(Saved data entries)
=== Section Start ===
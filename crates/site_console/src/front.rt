// The front of a file, looked at again for people.
use std::fs::{File, Files};
use std::io::{self, Read};

/// The first bytes of a named file, so many at most.
pub fn front_of(rt: &(impl Files + AllocGlobal), name: &str, most: usize) -> io::Result<Vec<u8>> {
    let mut front = Vec::new(rt.alloc());
    File::open(rt, name)?
        .take(most as u64)
        .read_to_end(&mut front)?;
    Ok(front)
}
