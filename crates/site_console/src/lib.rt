//! A command line, carried out over the files of the system, and what people are told of it: help, why it is not done,
//! and what came of it, on standard error. No clause tells these words.
#![tactic(auto)]

mod advice;
mod bad_input;
mod command;
mod config_place;
mod counts;
mod front;
mod group;
mod help;
mod named_file;
mod pids;
mod warning;

pub use advice::advise;
pub use command::carry_out;
pub use counts::{counts_of, say_counts};
pub use front::front_of;
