// What the program does with its words.
use crate::advice::advise;
use crate::counts::{counts_of, plan_of, say_counts};
use crate::help::{self, Asked};
use crate::warning::warn;
use desk_watch::{Told, Watched};
use plp_config::Plan;
use ports::{Desk, HostDesk, HostFault, Reason};
use site_top::{Outcome, Word, request_of, run};
use std::alloc::Global;
use std::fs::{File, Files};
use std::io::{Eprint, Print};
use std::time::Clock;

// Carries a command out over a desk that is watched, and wipes the line away that tells how far it is.
fn run_watched<D: Desk, R: Clock + Eprint>(
    alloc: Global,
    words: &[Word],
    desk: &mut Watched<'_, D, R>,
) -> Outcome {
    let outcome = run(alloc, words, desk);
    desk.wipe();
    outcome
}

// A desk that keeps what failed first on it.
trait Failing: Desk {
    fn first_fault(&self) -> Option<&HostFault>;
}

impl<R: Files + Print + Drop> Failing for HostDesk<R> {
    fn first_fault(&self) -> Option<&HostFault> {
        HostDesk::first_fault(self)
    }
}

// Carries a command out over a desk, and tells people what came of it, with what is counted by a plan of its
// configuration.
fn follow<D: Failing + Drop, R: Files + Eprint + Clock + AllocGlobal>(
    rt: &R,
    desk: D,
    program: &str,
    words: &[Word],
    wanted: bool,
    plan: Option<&Plan>,
) -> Outcome {
    let counts = counts_of(rt.alloc(), request_of(words), plan);
    let mut desk = Watched::new(desk, rt, wanted, counts);
    let outcome = run_watched(rt.alloc(), words, &mut desk);
    advise(
        rt,
        program,
        words,
        outcome,
        desk.desk.first_fault(),
        desk.lines == 1,
    );
    // As far as standard error takes it.
    let _ = say_counts(rt, &desk.counts, outcome);
    outcome
}

// Answers what is asked for.
fn answer(rt: &(impl Print + Eprint), program: &str, asked: Asked<'_>) -> Outcome {
    match help::say(rt, program, asked) {
        Ok(()) => Outcome::Done,
        Err(why) => {
            let why = Reason::from(why);
            let _ = eprintln!(rt; "{}", Told(&HostFault::Said { why }));
            Outcome::WriteFault
        }
    }
}

/// Answers what the words ask for, or carries out the command that they name, over the files of the system, and tells
/// people, who know the program by this name, why it is not done: how it ended. If it is wanted, a line tells how far
/// it is.
pub fn carry_out<R: Files + Print + Eprint + Clock + AllocGlobal>(
    rt: &R,
    program: &str,
    words: &[Word],
    wanted: bool,
) -> Outcome {
    // If the program was started without the descriptors 0 to 2, they are taken, so that no file gets what is said.
    let _first = File::open(rt, "/dev/null");
    let _second = File::open(rt, "/dev/null");
    let _third = File::open(rt, "/dev/null");
    if let Some(asked) = help::asked_of(words) {
        return answer(rt, program, asked);
    }
    let request = request_of(words);
    warn(rt, words, request);
    let plan = plan_of(rt, request);
    let desk = HostDesk::new(rt, rt.alloc());
    follow(rt, desk, program, words, wanted, plan.as_ref())
}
=== Section End ===
• _TRY IT_
Each record above needs to be reproduced exactly as written.

• _TASK SOLUTION_
filename crates/site_console/src/front.rt
// The front of a file, looked at again for people.
use std::fs::{File, Files};
use std::io::{self, Read};

/// The first bytes of a named file, so many at most.
pub fn front_of(rt: &(impl Files + AllocGlobal), name: &str, most: usize) -> io::Result<Vec<u8>> {
    let mut front = Vec::new(rt.alloc());
    File::open(rt, name)?
        .take(most as u64)
        .read_to_end(&mut front)?;
    Ok(front)
}
filename crates/site_console/src/lib.rt
//! A command line, carried out over the files of the system, and what people are told of it: help, why it is not done,
//! and what came of it, on standard error. No clause tells these words.
#![tactic(auto)]

mod advice;
mod bad_input;
mod command;
mod config_place;
mod counts;
mod front;
mod group;
mod help;
mod named_file;
mod pids;
mod warning;

pub use advice::advise;
pub use command::carry_out;
pub use counts::{counts_of, say_counts};
pub use front::front_of;
// What the program does with its words.
use crate::advice::advise;
use crate::counts::{counts_of, plan_of, say_counts};
use crate::help::{self, Asked};
use crate::warning::warn;
use desk_watch::{Told, Watched};
use plp_config::Plan;
use ports::{Desk, HostDesk, HostFault, Reason};
use site_top::{Outcome, Word, request_of, run};
use std::alloc::Global;
use std::fs::{File, Files};
use std::io::{Eprint, Print};
use std::time::Clock;

// Carries a command out over a desk that is watched, and wipes the line away that tells how far it is.
fn run_watched<D: Desk, R: Clock + Eprint>(
    alloc: Global,
    words: &[Word],
    desk: &mut Watched<'_, D, R>,
) -> Outcome {
    let outcome = run(alloc, words, desk);
    desk.wipe();
    outcome
}

// A desk that keeps what failed first on it.
trait Failing: Desk {
    fn first_fault(&self) -> Option<&HostFault>;
}

impl<R: Files + Print + Drop> Failing for HostDesk<R> {
    fn first_fault(&self) -> Option<&HostFault> {
        HostDesk::first_fault(self)
    }
}

// Carries a command out over a desk, and tells people what came of it, with what is counted by a plan of its
// configuration.
fn follow<D: Failing + Drop, R: Files + Eprint + Clock + AllocGlobal>(
    rt: &R,
    desk: D,
    program: &str,
    words: &[Word],
    wanted: bool,
    plan: Option<&Plan>,
) -> Outcome {
    let counts = counts_of(rt.alloc(), request_of(words), plan);
    let mut desk = Watched::new(desk, rt, wanted, counts);
    let outcome = run_watched(rt.alloc(), words, &mut desk);
    advise(
        rt,
        program,
        words,
        outcome,
        desk.desk.first_fault(),
        desk.lines == 1,
    );
    // As far as standard error takes it.
    let _ = say_counts(rt, &desk.counts, outcome);
    outcome
}

// Answers what is asked for.
fn answer(rt: &(impl Print + Eprint), program: &str, asked: Asked<'_>) -> Outcome {
    match help::say(rt, program, asked) {
        Ok(()) => Outcome::Done,
        Err(why) => {
            let why = Reason::from(why);
            let _ = eprintln!(rt; "{}", Told(&HostFault::Said { why }));
            Outcome::WriteFault
        }
    }
}

/// Answers what the words ask for, or carries out the command that they name, over the files of the system, and tells
/// people, who know the program by this name, why it is not done: how it ended. If it is wanted, a line tells how far
/// it is.
pub fn carry_out<R: Files + Print + Eprint + Clock + AllocGlobal>(
    rt: &R,
    program: &str,
    words: &[Word],
    wanted: bool,
) -> Outcome {
    // If the program was started without the descriptors 0 to 2, they are taken, so that no file gets what is said.
    let _first = File::open(rt, "/dev/null");
    let _second = File::open(rt, "/dev/null");
    let _third = File::open(rt, "/dev/null");
    if let Some(asked) = help::asked_of(words) {
        return answer(rt, program, asked);
    }
    let request = request_of(words);
    warn(rt, words, request);
    let plan = plan_of(rt, request);
    let desk = HostDesk::new(rt, rt.alloc());
    follow(rt, desk, program, words, wanted, plan.as_ref())
}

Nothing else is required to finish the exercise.